What a modal verb is and the one rule that matters
A modal verb adds a meaning like must, can or want, and is followed by a second verb in the infinitive.
A modal verb is a small helper verb that does not usually stand alone — it props up a main verb and tells you the speaker's attitude towards it: obligation (must), ability (can), desire (want) or knowledge (know how to). English does exactly the same thing: in I must go, the word must is a modal and go is the real action.
French has the same idea, and one rule governs all of it:
Conjugate the modal verb to match the subject, and leave the second verb in the infinitive (the to- / dictionary form).
The infinitive in French is the unconjugated form ending in -er, -ir or -re: manger (to eat), finir (to finish), prendre (to take). After a modal, that form never changes.
| French | Word-by-word | Natural English |
|---|---|---|
| Je veux manger. | I want to-eat | I want to eat. |
| Tu peux venir. | you can to-come | You can come. |
| Il doit partir. | he must to-leave | He has to leave. |
| Nous savons nager. | we know to-swim | We know how to swim. |
Notice there is no word for 'to' between the modal and the infinitive in French — the infinitive already contains that idea. So je veux manger is literally "I want eat", and that is correct.
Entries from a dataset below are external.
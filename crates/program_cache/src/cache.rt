// Programs, each with the bytes that spell it, under the digests of these bytes.
ghost use Rattle.std.specs.Prelude.{◌≡◌, ◌≤◌, ℕ, IfOk, IfErr, IfSome, IsErrOf};
ghost use Rattle.jam_codec.specs.Format.{Spells};
ghost use Rattle.blob_decode.specs.Program.{program_blob};
ghost use Rattle.blob_decode.specs.Refusal.{IsPlaced};
ghost use Rattle.blake2b_core.specs.Blake2b.{digest};
ghost use Rattle.program_cache.specs.Cached.{IsCached, AreCached};

use blob_decode::{Program, ProgramRefusal};
use lru::LruCache;
use std::alloc::{AllocError, Global};
use std::marker::Model;
use std::num::NonZeroUsize;
use std::rc::Rc;

/// A program and the bytes that spell it.
#[derive(Drop)]
pub struct Cached {
    bytes: Vec<u8>,
    program: Rc<Program>,
}

/// The programs that were asked for last, up to a number of them. What it answers does not depend on what it keeps.
#[derive(Drop)]
pub struct Cache {
    alloc: Global,
    kept: LruCache<[u8; 32], Cached>,
}

impl Model for Cache {
    ghost use Rattle.program_cache.specs.Cached.{AreCached};

    ghost Value = { Unit {0} };

    ghost view = { λ _. tt };

    ghost invariant = { λ c. AreCached c.kept.entries };
}

impl Cache {
    /// A cache that keeps so many programs, and none yet.
    ///
    /// # Errors
    /// Want of memory.
    pub fn new(alloc: Global, capacity: usize) -> Result<Cache, AllocError>
        requires { 1 ≤ capacity }
    {
        let capacity = NonZeroUsize::new(capacity).unwrap();
        Ok(Cache {
            alloc,
            kept: LruCache::new(alloc, capacity)?,
        })
    }

    /// The program that a blob spells, as `Program::deblob` gives it. The digest of the blob is only where it is looked
    /// for: another blob that stands there is not taken for it.
    ///
    /// # Errors
    /// Those of `Program::deblob`; a blob that is refused is not kept.
    pub fn get(&mut self, hash: &[u8; 32], bytes: &[u8]) -> Result<Rc<Program>, ProgramRefusal>
        requires { hash.now ≡ digest bytes.now }
        ensures found { IfOk result (λ p. Spells program_blob p.value bytes.now) }
        ensures refused { (p : _) → Spells program_blob p bytes.now → (place : ℕ) → IsErrOf result (ProgramRefusal.NotProgram place) → ⊥ }
        ensures place { IfErr result (IsPlaced bytes.now) }
    {
        if let Some(program) = found(&mut self.kept, hash, bytes)? {
            return Ok(program);
        }
        let program = read(self.alloc, bytes)?;
        keep(self.alloc, &mut self.kept, hash, bytes, &program)?;
        Ok(program)
    }
}

// The program that these bytes spell, if it is kept. It is the last asked for then.
fn found(
    kept: &mut LruCache<[u8; 32], Cached>,
    hash: &[u8; 32],
    bytes: &[u8],
) -> Result<Option<Rc<Program>>, AllocError>
    requires { AreCached kept.old.entries }
    ensures kept { AreCached kept.new.entries }
    ensures value { IfOk result (λ o. IfSome o (λ p. Spells program_blob p.value bytes.now)) }
{
    let Some(program) = matching(kept, hash, bytes)? else {
        return Ok(None);
    };
    kept.promote(hash);
    Ok(Some(program))
}

fn matching(
    kept: &LruCache<[u8; 32], Cached>,
    hash: &[u8; 32],
    bytes: &[u8],
) -> Result<Option<Rc<Program>>, AllocError>
    requires { AreCached kept.now.entries }
    ensures { IfOk result (λ o. IfSome o (λ p. Spells program_blob p.value bytes.now)) }
{
    match kept.peek(hash) {
        Some(cached) => same(cached, bytes),
        None => Ok(None),
    }
}

// The program, where these are the bytes that it was read from.
fn same(cached: &Cached, bytes: &[u8]) -> Result<Option<Rc<Program>>, AllocError>
    requires { IsCached cached.now }
    ensures { IfOk result (λ o. IfSome o (λ p. Spells program_blob p.value bytes.now)) }
{
    if cached.bytes.as_slice() == bytes {
        Ok(Some(cached.program.clone()?))
    } else {
        Ok(None)
    }
}

fn shared(alloc: Global, program: Program) -> Result<Rc<Program>, AllocError>
    ensures { IfOk result (λ p. p.value ≡ program) }
{
    Ok(Rc::new(alloc, program)?)
}

fn read(alloc: Global, bytes: &[u8]) -> Result<Rc<Program>, ProgramRefusal>
    ensures found { IfOk result (λ p. Spells program_blob p.value bytes.now) }
    ensures refused { (p : _) → Spells program_blob p bytes.now → (place : ℕ) → IsErrOf result (ProgramRefusal.NotProgram place) → ⊥ }
    ensures place { IfErr result (IsPlaced bytes.now) }
{
    let program = Program::deblob(alloc, bytes)?;
    Ok(shared(alloc, program)?)
}

fn keep(
    alloc: Global,
    kept: &mut LruCache<[u8; 32], Cached>,
    hash: &[u8; 32],
    bytes: &[u8],
    program: &Rc<Program>,
) -> Result<(), AllocError>
    requires all { AreCached kept.old.entries }
    requires spelled { Spells program_blob program.now.value bytes.now }
    ensures { AreCached kept.new.entries }
{
    let cached = cached_of(alloc, bytes, program)?;
    kept.put(*hash, cached)?;
    Ok(())
}

fn cached_of(alloc: Global, bytes: &[u8], program: &Rc<Program>) -> Result<Cached, AllocError>
    requires { Spells program_blob program.now.value bytes.now }
    ensures { IfOk result IsCached }
{
    Ok(Cached {
        bytes: Vec::from_slice(alloc, bytes)?,
        program: program.clone()?,
    })
}
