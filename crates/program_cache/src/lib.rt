//! Programs that were read before.
#![tactic(auto)]

mod cache;

pub use cache::Cache;
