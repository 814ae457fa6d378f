// The program `shapeplan`: reads the words of a shape list from standard input, a line each, and prints its plan, or the refusal, or `unreadable`.
// What it prints for what it reads is proved of print_calls::page; here is only the reading of the input to its end and the writing of the page.
#![tactic(auto)]

ghost use Rattle.std.specs.Prelude.{◌≤◌};

use std::io;
use std::io::Read;
use text::{Page, Reading};

// Reads to the end of the input, or to a read that fails. A proved loop has to end, so this one has a bound on its turns, a number that no run uses up.
fn read_all(rt: &impl io::Input) -> io::Result<Reading> {
    let mut reading = line_steps::nothing();
    let mut buf = [0u8; 65536];
    for _ in 0..u64::MAX {
        let n = rt.reader().read(&mut buf)?;
        if n == 0 {
            break;
        }
        reading = line_steps::read_some(reading, &buf[..n]);
    }
    Ok(reading)
}

// Writes the text of a page.
fn write(rt: &impl io::Print, p: Page) -> io::Result<()>
    requires { p.n ≤ 288 }
{
    rt.write_all(&p.bytes[..p.n])
}

fn main(rt: HostRuntime) -> io::Result<()> {
    let page = match read_all(&rt) {
        Ok(reading) => print_calls::page(reading),
        Err(_) => page_steps::unreadable_page(),
    };
    write(&rt, page)
}
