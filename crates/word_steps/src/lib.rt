// Rows of bits into words: write_list writes the shape list of an anchor and rows. What its words are: specs/ of the crate lists.
#![tactic(auto)]

ghost use Rattle.lists.specs.Held.{shape_words, WordsWritten};

// Writes the shape list of an anchor and rows, where there is room for the longest, and answers its length.
pub fn write_list(ax: u32, ay: u32, rows: [u16; 16], out: &mut [u32]) -> Option<u32>
    ensures { WordsWritten (shape_words ax ay rows) out.old result out.new }
{
    if out.len() < 17 {
        return None;
    }
    out[0] = 0x1000_0000 + (ay % 16) * 16 + ax % 16;
    let mut n: u32 = 1;
    for y in 0..16u32 {
        let columns = rows[y as usize] as u32;
        if columns > 0 {
            out[n as usize] = 0x2000_0000 + y * 0x1_0000 + columns;
            n += 1;
        }
    }
    Some(n)
}
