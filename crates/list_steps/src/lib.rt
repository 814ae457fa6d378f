// Words into rows of bits: read_anchor and read_rows find the anchor and the cells of a shape list, read_place and plan_rows the place and the sum of a plan
// list. Any list is read, word by word through the reader: a word of another kind than its place calls for holds nothing, nor does the end.
// What a list holds: specs/ of the crate lists.
#![tactic(auto)]

ghost use Rattle.std.specs.Prelude.{◌≡◌, get_or};
ghost use Rattle.words.specs.Read.{word_of};
ghost use Rattle.rows.specs.Cells.{Same, At};
ghost use Rattle.lists.specs.Held.{held_anchor, held_place, held_cells, held_masks};
ghost use Rattle.lists.specs.Held.{CellsOf, WithWord, WithStage, SumRows};

use words::Word;

// Two numbers of a word.
#[derive(Clone, Copy)]
pub struct Pair {
    pub x: u32,
    pub y: u32,
}

// The word at a position, as the reader finds it there; past the end one of no used kind.
fn word_at(ws: &[u32], at: usize) -> Word
    ensures { result ≡ word_of (get_or ws.now at 0) }
{
    readers::read_at(ws, at).unwrap_or(Word::Unused(0))
}

// The anchor of a shape list, its first word; 0 and 0 where that is none.
pub fn read_anchor(ws: &[u32]) -> Pair
    ensures { (result.x ≡ (held_anchor ws.now).0) × (result.y ≡ (held_anchor ws.now).1) }
{
    match word_at(ws, 0) {
        Word::Anchor { ax, ay } => Pair { x: ax, y: ay },
        _ => Pair { x: 0, y: 0 },
    }
}

// The place of a plan list, its second word; 0 and 0 where that is none.
pub fn read_place(ws: &[u32]) -> Pair
    ensures { (result.x ≡ (held_place ws.now).0) × (result.y ≡ (held_place ws.now).1) }
{
    match word_at(ws, 1) {
        Word::Place { x, y } => Pair { x, y },
        _ => Pair { x: 0, y: 0 },
    }
}

// Adds the cells of the word at a position to the rows z. A row may stand twice in a damaged list.
fn with_word(z: &mut [u16; 16], ws: &[u32], at: usize)
    ensures { WithWord z.old (get_or ws.now at 0) z.new }
{
    if let Word::Row { y, columns } = word_at(ws, at) {
        z[(y % 16) as usize] |= (columns % 0x1_0000) as u16;
    }
}

// The cells of a shape list, whose rows stand from the second word on.
pub fn read_rows(ws: &[u32]) -> [u16; 16]
    ensures { Same (At result) (CellsOf (held_cells ws.now)) }
{
    let mut r = [0u16; 16];
    for i in 1..ws.len() {
        with_word(&mut r, ws, i);
    }
    r
}

// The sum of the rows z and the mask of the word at a position.
fn with_stage(z: [u16; 16], ws: &[u32], at: usize) -> [u16; 16]
    ensures { WithStage z (get_or ws.now at 0) result }
{
    match word_at(ws, at) {
        Word::Stage(m) => row_sum_steps::sum_of(z, row_steps::mask_rows((m % 512) as u16)),
        _ => z,
    }
}

// The sum of a plan list's stages, which stand from the third word on, cut to the window: from the last to the first, each added to those after it.
pub fn plan_rows(ws: &[u32]) -> [u16; 16]
    ensures { SumRows (held_masks ws.now) result }
{
    let mut r = [0u16; 16];
    r[0] = 1;
    for i in (2..ws.len()).rev() {
        r = with_stage(r, ws, i);
    }
    r
}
Worked mini-example. Build "We can speak French": choose the modal pouvoir (can), conjugate it for nous → nous pouvons, then add the infinitive parler (to speak). Result: Nous pouvons parler français. The verb parler stays in the infinitive — do not write nous pouvons parlons.
- A modal verb carries a meaning like must / can / want / know-how-to.
- Conjugate the modal; keep the second verb as an infinitive (-er, -ir, -re).
- There is no separate word for 'to' between them — the infinitive holds that meaning.
- Je veux manger = I want to eat; never je veux mange.